The net work done can be computed using the formula:

$W_{net} = W_{applied} - W_{gravity}$

First, we calculate the gravitational force acting on the bag:

$W_{gravity} = m \times g \times h$

Where:

• $m = 2\, \text{kg}$
• $g = 9.8\, \text{m/s}^2$ (acceleration due to gravity)
• $h = 0.9\, \text{m}$

Now substituting the values:

$W_{gravity} = 2 \times 9.8 \times 0.9 = 17.64 \text{ J}$

Now, we use the values to find the net work done:

$W_{net} = 22.5 - 17.64 = 4.86 \, \text{J}$

Therefore, the net work done on the bag is 4.86 J.

The principle of conservation of mechanical energy states that in the absence of non-conservative forces (like friction), the total mechanical energy of an isolated system remains constant. This means that the sum of potential energy and kinetic energy at any point in the system is equal to the total mechanical energy.

At point A, the block starts from rest, so its initial kinetic energy is zero. The mechanical energy (ME) at point A is entirely gravitational potential energy (PE):

$ME = PE = mgh$

Where:

• $m = 6\, \text{kg}$
• $g = 9.8\, \text{m/s}^2$
• $h = 5\, \text{m}$

Substituting the values, we find:

$ME = 6 \times 9.8 \times 5 = 294\, \text{J}$

Thus, the mechanical energy of the block at point A is 294 J.

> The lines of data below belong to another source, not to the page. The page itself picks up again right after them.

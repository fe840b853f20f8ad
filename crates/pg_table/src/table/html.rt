//! A table as HTML.

ghost use Rattle.std.specs.Prelude.{◌≡◌, ◌++◌, ◌<◌, length, string_bytes, IfOk, OnOk};
ghost use Rattle.pg_layout.specs.Records.{columns_of, text_at};
ghost use Rattle.pg_table.specs.Markup.{class_of, html_cell, html_row, html_table, html_text, reference_of, span_attribute};
ghost use Rattle.pg_table.specs.OwnRows.{texts_of};

use crate::table::Table;
use pg_config::SpannedConfig;
use pg_layout::{AlignmentHorizontal, ExactRecords, PeekableRecords, Position};
use std::alloc::{AllocError, Allocator};
use std::convert::AsStr;

impl<T: AsStr + Drop, A: Allocator> Table<T, A> {
    /// The texts of the table as an HTML element `table`: a line `<tr>..</tr>` for each row, and a
    /// `<td>` for each cell that isn't covered, with its `rowspan` and `colspan`, and the class
    /// `center` or `right` by its alignment. Borders, paddings and colours aren't in it.
    ///
    /// No text can begin a tag: `&`, `<`, `>` and `"` are `&amp;`, `&lt;`, `&gt;` and `&quot;`
    /// ([`crate::texts_open_no_tag`]). A line feed stays one, which the style `white-space: pre-line`
    /// shows. Any spans are written; the only error is out of memory.
    pub fn to_html<B: Allocator>(&self, alloc: B) -> Result<String<B>, AllocError>
        ensures { IfOk result (λ html. string_bytes html ≡ html_table self.now.config (texts_of T.text self.now) (columns_of self.now.rows)) }
    {
        let mut html = String::new(alloc);
        push_table(&self.records, &self.config, &mut html)?;
        Ok(html)
    }
}

// Appends the whole table.

#[tactic(auto, using(crate::proofs::Html::one_more))]
fn push_table<R: PeekableRecords + ExactRecords, A: Allocator, B: Allocator>(
    records: &R,
    config: &SpannedConfig<A>,
    html: &mut String<B>,
) -> Result<(), AllocError>
    ensures { OnOk result (string_bytes html.new ≡ string_bytes html.old ++ html_table config.now (R.texts records.now) (R.columns records.now)) }
{
    html.push_str("<table>\n")?;
    for row in 0..records.count_rows() {
        push_row(records, config, row, html)?;
    }
    html.push_str("</table>")
}

#[tactic(auto, unfolding(crate::specs::Markup::html_row))]
fn push_row<R: PeekableRecords + ExactRecords, A: Allocator, B: Allocator>(
    records: &R,
    config: &SpannedConfig<A>,
    row: usize,
    html: &mut String<B>,
) -> Result<(), AllocError>
    requires { row < length (R.texts records.now) }
    ensures { OnOk result (string_bytes html.new ≡ string_bytes html.old ++ html_row config.now (text_at (R.texts records.now)) (R.columns records.now) row) }
{
    html.push_str("<tr>")?;
    for column in 0..records.count_columns() {
        push_cell(records, config, Position::new(row, column), html)?;
    }
    html.push_str("</tr>\n")
}

// Appends a cell, unless another one covers it.
#[tactic(auto, unfolding(crate::specs::Markup::html_cell))]
fn push_cell<R: PeekableRecords + ExactRecords, A: Allocator, B: Allocator>(
    records: &R,
    config: &SpannedConfig<A>,
    pos: Position,
    html: &mut String<B>,
) -> Result<(), AllocError>
    requires row { pos.row < length (R.texts records.now) }
    requires column { pos.col < R.columns records.now }
    ensures { OnOk result (string_bytes html.new ≡ string_bytes html.old ++ html_cell config.now (text_at (R.texts records.now)) pos) }
{
    if !config.is_cell_visible(pos) {
        return Ok(());
    }
    let (rows, columns) = config.rect_size(pos);
    html.push_str("<td")?;
    html.push_str(class_of(config.get_alignment_horizontal(pos)))?;
    push_span(" rowspan=\"", rows, html)?;
    push_span(" colspan=\"", columns, html)?;
    html.push_str(">")?;
    push_text(records.get_text(pos), html)?;
    html.push_str("</td>")
}

// The class of a cell whose texts are aligned like this.
fn class_of(alignment: AlignmentHorizontal) -> &'static str
    ensures { result.now ≡ class_of alignment }
{
    match alignment {
        AlignmentHorizontal::Left => "",
        AlignmentHorizontal::Center => " class=\"center\"",
        AlignmentHorizontal::Right => " class=\"right\"",
    }
}

// Appends an attribute with a number of rows or columns, unless it is 1.
fn push_span<B: Allocator>(name: &str, count: usize, html: &mut String<B>) -> Result<(), AllocError>
    ensures { OnOk result (string_bytes html.new ≡ string_bytes html.old ++ span_attribute name.now count) }
{
    if count == 1 {
        return Ok(());
    }
    match write!(html, "{name}{count}\"") {
        Ok(()) => Ok(()),
        Err(_) => Err(AllocError),
    }
}

// Appends a text in which nothing is markup.
fn push_text<B: Allocator>(text: &str, html: &mut String<B>) -> Result<(), AllocError>
    ensures { OnOk result (string_bytes html.new ≡ string_bytes html.old ++ html_text text.now) }
{
    for c in text.chars() {
        push_character(c, html)?;
    }
    Ok(())
}

fn push_character<B: Allocator>(c: char, html: &mut String<B>) -> Result<(), AllocError>
    ensures { OnOk result (string_bytes html.new ≡ string_bytes html.old ++ reference_of c) }
{
    match c {
        '&' => html.push_str("&amp;"),
        '<' => html.push_str("&lt;"),
        '>' => html.push_str("&gt;"),
        '"' => html.push_str("&quot;"),
        _ => html.push(c),
    }
}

At point B, the mechanical energy is conserved, so:

$ME_{total} = KE + PE$

Using the conservation of mechanical energy:

$ME = KE_{B} + PE_{B}$

At point B, the height is 0 m (so $PE_B = 0$), therefore:

$294 = KE_{B}$

Since kinetic energy is given by:

$KE = \frac{1}{2}mv^2$

We can rearrange this to find the speed:

$294 = \frac{1}{2}(6)v^2$

Solving for $v^2$ gives:

$v^2 = \frac{2 \times 294}{6} = \frac{588}{6} = 98$

Thus, the speed at point B is:

$v = \sqrt{98} = 9.9 \, \text{m/s}$

Therefore, the speed of the block at point B is 9.9 m/s.

At point C, the block has both kinetic and potential energies. To find the speed at point C, we first calculate the potential energy at that height:

$PE_{C} = mgh = 6 \times 9.8 \times 3 = 176.4\, \text{J}$

Using the conservation of mechanical energy again:

$ME_{total} = KE_{C} + PE_{C}$

Substituting known values:

$294 = KE_{C} + 176.4$

Rearranging gives:

$KE_{C} = 294 - 176.4 = 117.6\, ext{J}$

Since:

$KE_{C} = \frac{1}{2}mv^2$

Substituting in:

$117.6 = \frac{1}{2}(6)v^2$

Solving for $v^2$ gives:

$v^2 = \frac{2 \times 117.6}{6} = \frac{235.2}{6} = 39.2$

Thus, the speed at point C is:

$v = \sqrt{39.2} = 6.26 \, \text{m/s}$

Therefore, the speed of the block at point C is 6.26 m/s.